It’s snowing. One of those beautiful winter snows where flakes drift lazily down from the sky and pile gently on the ground like sifted flour. Without question it is beautiful. I hate it.
I’m a summer kinda gal. I prefer green to white and warm to cold. The only thing that can console me on cold days like today is pulling out some of the deliciousness I’ve preserved from the lost days of my summer garden. In this case, some hot garden peppers!

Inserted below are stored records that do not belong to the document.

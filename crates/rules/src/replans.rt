// How the two replans go about their work.
ghost use Rattle.rules.specs.laws.Orders.{LatestStartsAreInOrder, LatestStartsCompareAsSums};
ghost use Rattle.rules.specs.laws.Weights.{TestedTableKeepsTheRule, WeightsKeepTheRule, FadingKeepsItsBound};
ghost use Rattle.rules.specs.laws.Weights.{WeightIsFading, WeightEndsWithTheTable, TestedTableHasTheWeights};
ghost use Rattle.rules.specs.laws.Placing.{ChargesUnderCapsArePlaced, LinesHaveEveryCharge};
ghost use Rattle.rules.specs.laws.Rounds.{LoweredCapsAreAtLeast, StandingIsWithinTheSite, EveryRoundPlacesAll, NoOtherRoundIsPlayed};
ghost use Rattle.rules.specs.laws.Fitting.{FitsExactlyInTheRun, UnfitStaysUnfit, NoneBelowStaysNone};
ghost use Rattle.rules.specs.laws.Fitting.{StartsOfALineRise, NoneComesBeforeTheTaken};

/// The order by latest start is by due minute less charging time, a signed number, then by ticket, each charge once.
#[tactic(auto, using(crate::proofs::Queues::latest_start_order, crate::proofs::LatestStarts::latest_start_sums))]
pub fn latest_starts()
    ensures in_order { LatestStartsAreInOrder }
    ensures as_sums { LatestStartsCompareAsSums }
{}

/// The table of weights keeps its rule and its bound at each of its 512 places, and so does every table that passes the one test of the
/// whole; beyond the table the weight is 0.
#[tactic(auto, using(crate::proofs::Weights::keeps_rule, crate::proofs::Weights::weights_table, crate::proofs::Weights::fading_bounded, crate::proofs::Weights::weight_within, crate::proofs::Weights::weight_beyond, crate::proofs::Weights::table_weight))]
pub fn weights_table()
    ensures tested { TestedTableKeepsTheRule }
    ensures own { WeightsKeepTheRule }
    ensures bounded { FadingKeepsItsBound }
    ensures within { WeightIsFading }
    ensures beyond { WeightEndsWithTheTable }
    ensures same_weights { TestedTableHasTheWeights }
{}

/// In every round of a replan by lines each waiting charge gets a start, once: no cap is ever below the bound, and what stands meanwhile
/// leaves room under the site limit.
#[tactic(auto, using(crate::proofs::Rounds::lowered_at_least, crate::proofs::Picking::round_places, crate::proofs::Picking::lines_whole, crate::proofs::Standing::standing_within, crate::proofs::Standing::round_complete, crate::proofs::Standing::rounds_complete))]
pub fn rounds_of_lines()
    ensures caps { LoweredCapsAreAtLeast }
    ensures placed { ChargesUnderCapsArePlaced }
    ensures lines { LinesHaveEveryCharge }
    ensures standing { StandingIsWithinTheSite }
    ensures complete { EveryRoundPlacesAll }
    ensures no_other { NoOtherRoundIsPlayed }
{}

/// A charge fits at a start where the run of minutes with room is long enough. What did not fit before a placement does not fit after it,
/// so the starts of a line never fall, and no charge that fits comes before the one that is taken.
#[tactic(auto, using(crate::proofs::Fitting::fits_run_lem, crate::proofs::Fitting::unfit_stays, crate::proofs::Fitting::none_below_stays, crate::proofs::Fitting::starts_rise, crate::proofs::Foremost::foremost_first))]
pub fn fitting_charges()
    ensures run { FitsExactlyInTheRun }
    ensures unfit { UnfitStaysUnfit }
    ensures none_below { NoneBelowStaysNone }
    ensures rising { StartsOfALineRise }
    ensures foremost { NoneComesBeforeTheTaken }
{}
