// What a move of the clock reports.
ghost use Rattle.rules.specs.laws.Orders.{ReportIsInOrder, MoveToTheClockKeepsAll};

/// A clock move reports the charges that it passes by start, then ticket, each once. A move to the clock itself reports and drops nothing.
#[tactic(auto, using(crate::proofs::Reporting::report_order, crate::proofs::Reporting::move_to_the_clock))]
pub fn clock_moves()
    ensures in_order { ReportIsInOrder }
    ensures to_the_clock { MoveToTheClockKeepsAll }
{}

Today I’ve got a pot of Borracho Beans simmering on the stove. I can never grow enough dried beans to last me through winter, so this pot is courtesy of Rancho Gordo. (They’ve got an amazing selection of heirloom beans, I love these folks!) While the beans didn’t come from my garden, the hot peppers sure did.
I love growing hot peppers and grow several varieties every year, typically in the neighborhood of ten plants. We use them all summer long, and the rest we pickle, candy, sauce or dry. I’ve not purchased hot pepper flakes or powders for years! I particularly love Aji Omni Colors and Biker Billy Jalapeños, and grow several of each of these two varieties every year.
To soften up the beans I generally follow the Rancho Gordo basic bean recipe: Sauté onion, celery and carrot until soft, add beans, water and bay and boil until soft. I often modify this a bit, and today I’ve added a couple dried peppers from the garden to start getting the heat in early. Once the beans soften up a bit, I’ll add a bit of smoked salt to the pot. It adds the usual saltiness you’d expect with a smokey punch, a delicious combination!
Once the beans are done, it’s time to get them Borracchoed! (Yes, I totally just made that word up.) I start with a recipe from Gimme Some Oven – if you don’t follow her need to start following immediately. That girl knows how to cook!
I modify her base recipe to suit my taste. So that means a lot more onion and garlic, WAY more hot peppers (I like it hot, what can I say), I skip the brown sugar, and probably use more cilantro than I should. In the summer all the herbs come straight out of the herb garden, but by this late in winter I’ve often used up my stores. I use fresh organic herbs from the grocery store instead.
This recipe is delicious to eat as is, scooping the beans up with a bit of corn tortilla. I’ll also often use it as fill for tacos, adding some pickled hot peppers from the garden, olives, and avocado to the mix. If we’re out of pickled hot peppers or the mood suites I’ll use some of our home made hot pepper sauce instead.
However you eat it, knowing the delicious spiciness in your dinner came fully or in part from your own backyard gives an extra bit of warm coziness in your belly.
Do you grow hot peppers in your garden? Which varieties, and do you preserve them? And what do you do with your hot garden peppers in January?